[Directions]: In the records below, find the line containing "(HasNoResult (IsUnbootable list.now))" and the line containing "status = status_with(status, compared);"; please repeat exactly the lines from one to the other, both included, and nothing more.

[Input data]:

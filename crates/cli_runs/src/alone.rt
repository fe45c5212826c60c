//! The command `alone`: replies to a script in the whole run and alone, for one script or for each.
ghost use Rattle.std.specs.Prelude.{◌≡◌, ◌==◌, ◌||◌, if◌then◌else◌, false, Some, IfErr, IfOk};
ghost use Rattle.line_rounds.specs.Views.{whole_view};
ghost use Rattle.cli_base.specs.Statuses.{EndsAs, HasNoResult};
ghost use Rattle.cli_runs.specs.CommandStatus.{AllAloneEnd, AloneEnds, EndsCompared, IsAloneView, IsRunOf, IsUnbootable, LacksQuota, compared_status, comparison_status, lines_status};

use crate::run_end::RunEnd;
use crate::run_request::{NONE_EARLIER, RunRequest, run_chosen};
use crate::view::RunView;
use cli_base::{
    Host, Machine, MachineChoice, Origin, OutputStream, Printing, Settings, UNWRITTEN, Writer,
    no_memory, plain_writer, report_boot_fault, scenario_text, status_after, status_of, text_of,
    unfolded, watched_reader,
};
use cli_options::AloneOptions;
use line_rounds::UnfoldedText;
use list_parser::StartList;
use run_scenario::ScenarioInput;
use std::alloc::AllocError;
use std::io;
use std::io::Write;
use view_runs::{AloneComparison, alone};

/// The exit status if a reply isn't as expected, or a script has other replies alone.
const DIFFERENT: u8 = 3;

/// Prints the replies to a component in the whole run of a scenario and alone. Returns the exit status.
pub fn show_alone<'a, H: Host>(
    host: &H,
    asked: &'a AloneOptions<'a>,
    scenario: &'a str,
    settings: Settings<'a>,
) -> u8
    ensures { AloneEnds (H.text_at host.now) asked.now scenario.now settings.entry result }
{
    run_chosen(
        host,
        asked.machine,
        alone_of(asked.name, scenario, settings),
    )
}

// Returns the run whose replies to the component of a name are shown.
fn alone_of<'a>(name: &'a str, scenario: &'a str, settings: Settings<'a>) -> RunRequest<'a>
    ensures { IsRunOf scenario.now settings.entry (IsAloneView name.now) (Some name.now) result }
{
    RunRequest {
        scenario,
        settings,
        viewing: RunView::Alone(name.as_bytes()),
        name: Some(name),
        earlier: NONE_EARLIER,
    }
}

/// Runs a scenario once for each script of the machine, and prints what `show_alone` prints. Diagnostics are printed once.
/// Returns the exit status: 3 also if a script has other replies alone.
pub fn show_all_alone<'a, H: Host>(
    host: &H,
    asked: &'a AloneOptions<'a>,
    settings: Settings<'a>,
) -> u8
    ensures { AllAloneEnd (H.text_at host.now) asked.now settings.entry result }
{
    let scenario = match scenario_text(host, settings.form, asked.name) {
        Ok(scenario) => scenario,
        Err(status) => return status,
    };
    let rt = host.rt();
    let lines = match unfolded(rt, asked.name, &scenario, settings) {
        Ok(lines) => lines,
        Err(status) => return status,
    };
    let list = match MachineChoice::of(host, settings.form, asked.machine, asked.name) {
        Ok(list) => list,
        Err(status) => return status,
    };
    let options = ComparisonOptions {
        scenario: asked.name,
        summary: asked.summary,
        settings,
    };
    match Machine::read(host, list.path(), settings) {
        Ok(machine) => compare_scripts(host, &machine, &lines, options),
        Err(status) => status,
    }
}

// The options of a comparison of all scripts.
#[derive(Clone, Copy)]
struct ComparisonOptions<'a> {
    // The path of the scenario.
    scenario: &'a str,
    // Whether only the last line is printed of each script.
    summary: bool,
    // The settings of the command line.
    settings: Settings<'a>,
}

// Compares the runs of each script of a machine, one after another. Returns the exit status.
fn compare_scripts<'a, H: Host>(
    host: &'a H,
    machine: &'a Machine<'a>,
    lines: &'a UnfoldedText<'a>,
    options: ComparisonOptions<'a>,
) -> u8
    ensures { EndsAs (LacksQuota machine.now)
        (EndsCompared options.entry.settings machine.now (whole_view lines.now)) result }
{
    let list = machine.list();
    match compare_listed(host, machine, list, lines, options) {
        Ok(status) | Err(status) => status,
    }
}

// Compares the runs of each script of a machine's list, and returns the exit status. The error is that of a run without a result.
fn compare_listed<'a, H: Host>(
    host: &'a H,
    machine: &'a Machine<'a>,
    list: &'a StartList,
    lines: &'a UnfoldedText<'a>,
    options: ComparisonOptions<'a>,
) -> Result<u8, u8>
    ensures ended { IfOk result (λ status. status ≡ compared_status list.now.entries
        (lines_status list.now options.entry.settings (whole_view lines.now))) }
    ensures failed { IfErr result (HasNoResult (IsUnbootable list.now)) }
{
    let mut status = 0;
    let mut silent = false;
    for entry in list.entries() {
        if !entry.is_script() {
            continue;
        }
        let script = ScriptComparison {
            machine,
            list,
            name: entry.path(),
            lines,
            silent,
        };
        let compared = script.compare(host, options)?;
        status = status_with(status, compared);
        silent = true;
    }
    Ok(status)
}

// Returns the status of two comparisons: that of the second one, unless this has no fault.
fn status_with(status: u8, second: u8) -> u8
    ensures { result ≡ (if second == 0 then status else second) }
{
    if second == 0 { status } else { second }
}

// Returns the exit status of a comparison: 1 for a fault of the run, 3 if a reply isn't as expected or differs, else 0.
fn comparison_status(compared: AloneComparison) -> u8
    ensures { result ≡ comparison_status compared }
{
    if compared.ending.fault.is_some() {
        UNWRITTEN
    } else if compared.ending.complaints > 0 || compared.difference.is_some() {
        DIFFERENT
    } else {
        0
    }
}

// Returns whether a status is that of a comparison: 0 or 3.
fn is_compared(status: u8) -> bool
    ensures { result ≡ (status == 0 || status == 3) }
{
    status == 0 || status == DIFFERENT
}

// Returns a writer to a destination, or one that drops all.
fn writer_unless<'a>(rt: &HostRuntime, is_dropped: bool, place: OutputStream<'a>) -> Writer<'a> {
    plain_writer(
        rt,
        if is_dropped {
            OutputStream::Dropped
        } else {
            place
        },
    )
}

// The comparison of a script's replies.
#[derive(Clone, Copy)]
struct ScriptComparison<'a> {
    machine: &'a Machine<'a>,
    // The machine's list.
    list: &'a StartList,
    name: &'a [u8],
    lines: &'a UnfoldedText<'a>,
    // Whether diagnostics were printed already.
    silent: bool,
}

impl<'a> ScriptComparison<'a> {
    ghost use Rattle.std.specs.Prelude.{◌≡◌, IfErr, IfOk};
    ghost use Rattle.line_rounds.specs.Views.{whole_view};
    ghost use Rattle.cli_base.specs.Statuses.{EndsAs, HasNoResult};
    ghost use Rattle.cli_runs.specs.CommandStatus.{IsUnbootable, comparison_status, lines_status};

    // Compares as `run` does, and returns 0 or 3. The error is the status of a run without a result.
    fn compare<H: Host>(self, host: &'a H, options: ComparisonOptions<'a>) -> Result<u8, u8>
        ensures ended { IfOk result (λ status. status
            ≡ lines_status self.entry.list.now options.entry.settings (whole_view self.entry.lines.now)) }
        ensures failed { IfErr result (HasNoResult (IsUnbootable self.entry.list.now)) }
    {
        let status = self.run(host, options);
        if is_compared(status) {
            Ok(status)
        } else {
            Err(status)
        }
    }

    // Runs the scenario, prints the comparison of the script's replies, and returns the exit status.
    fn run<H: Host>(self, host: &'a H, options: ComparisonOptions<'a>) -> u8
        ensures { EndsAs (IsUnbootable self.entry.list.now) (λ status. status
            ≡ lines_status self.entry.list.now options.entry.settings (whole_view self.entry.lines.now)) result }
    {
        let (rt, settings) = (host.rt(), options.settings);
        let start = match settings.start_or_status(rt, self.lines.marks()) {
            Ok(start) => start,
            Err(status) => return status,
        };
        let input = ScenarioInput {
            list: self.list,
            scenario: settings.subject(options.scenario),
            start,
        };
        let origin: Origin<'_, H::File> = Origin::Held(self.lines.bytes());
        let mut reader = watched_reader(rt, origin, Printing::Afterwards);
        let mut writer = writer_unless(rt, options.summary, OutputStream::text(rt));
        let stderr = OutputStream::Complained(rt.stderr());
        let mut complaints = writer_unless(rt, self.silent, stderr);
        let compared = alone(
            rt.alloc(),
            input,
            self.name,
            &mut reader,
            &mut writer,
            &mut complaints,
        );
        match compared {
            Ok(compared) => self.print(rt, options, compared, writer),
            Err(fault) => report_boot_fault(rt, settings.form, self.machine, &fault),
        }
    }

    // Prints a comparison, or only its last line, and returns the exit status.
    fn print(
        self,
        rt: &HostRuntime,
        options: ComparisonOptions<'a>,
        compared: AloneComparison,
        written: Writer<'_>,
    ) -> u8
        ensures { EndsAs ⊥ (λ status. status ≡ comparison_status compared) result }
    {
        let Ok(text) = self.text(rt, options, compared, written) else {
            return no_memory(rt);
        };
        let printed = status_of(rt, io::writer(rt).write_all(text.as_slice()));
        if printed == 0 {
            let end = RunEnd {
                ended: Ok(compared.ending),
                unread: false,
            };
            let _ = end.report_fault(rt, options.settings.form, options.scenario);
        }
        status_after(printed, comparison_status(compared))
    }

    // Returns the text of a comparison, of which a summary is the last line. The error is out of memory.
    fn text(
        self,
        rt: &HostRuntime,
        options: ComparisonOptions<'a>,
        compared: AloneComparison,
        written: Writer<'_>,
    ) -> Result<Vec<u8>, AllocError> {
        if !options.summary {
            return Ok(text_of(rt, written));
        }
        let mut writer = plain_writer(rt, OutputStream::text(rt));
        if compared.ending.fault.is_none() && compared.write_sum(self.name, &mut writer).is_err() {
            return Err(AllocError);
        }
        Ok(text_of(rt, writer))
    }
}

[Solution]:
    ensures failed { IfErr result (HasNoResult (IsUnbootable list.now)) }
{
    let mut status = 0;
    let mut silent = false;
    for entry in list.entries() {
        if !entry.is_script() {
            continue;
        }
        let script = ScriptComparison {
            machine,
            list,
            name: entry.path(),
            lines,
            silent,
        };
        let compared = script.compare(host, options)?;
        status = status_with(status, compared);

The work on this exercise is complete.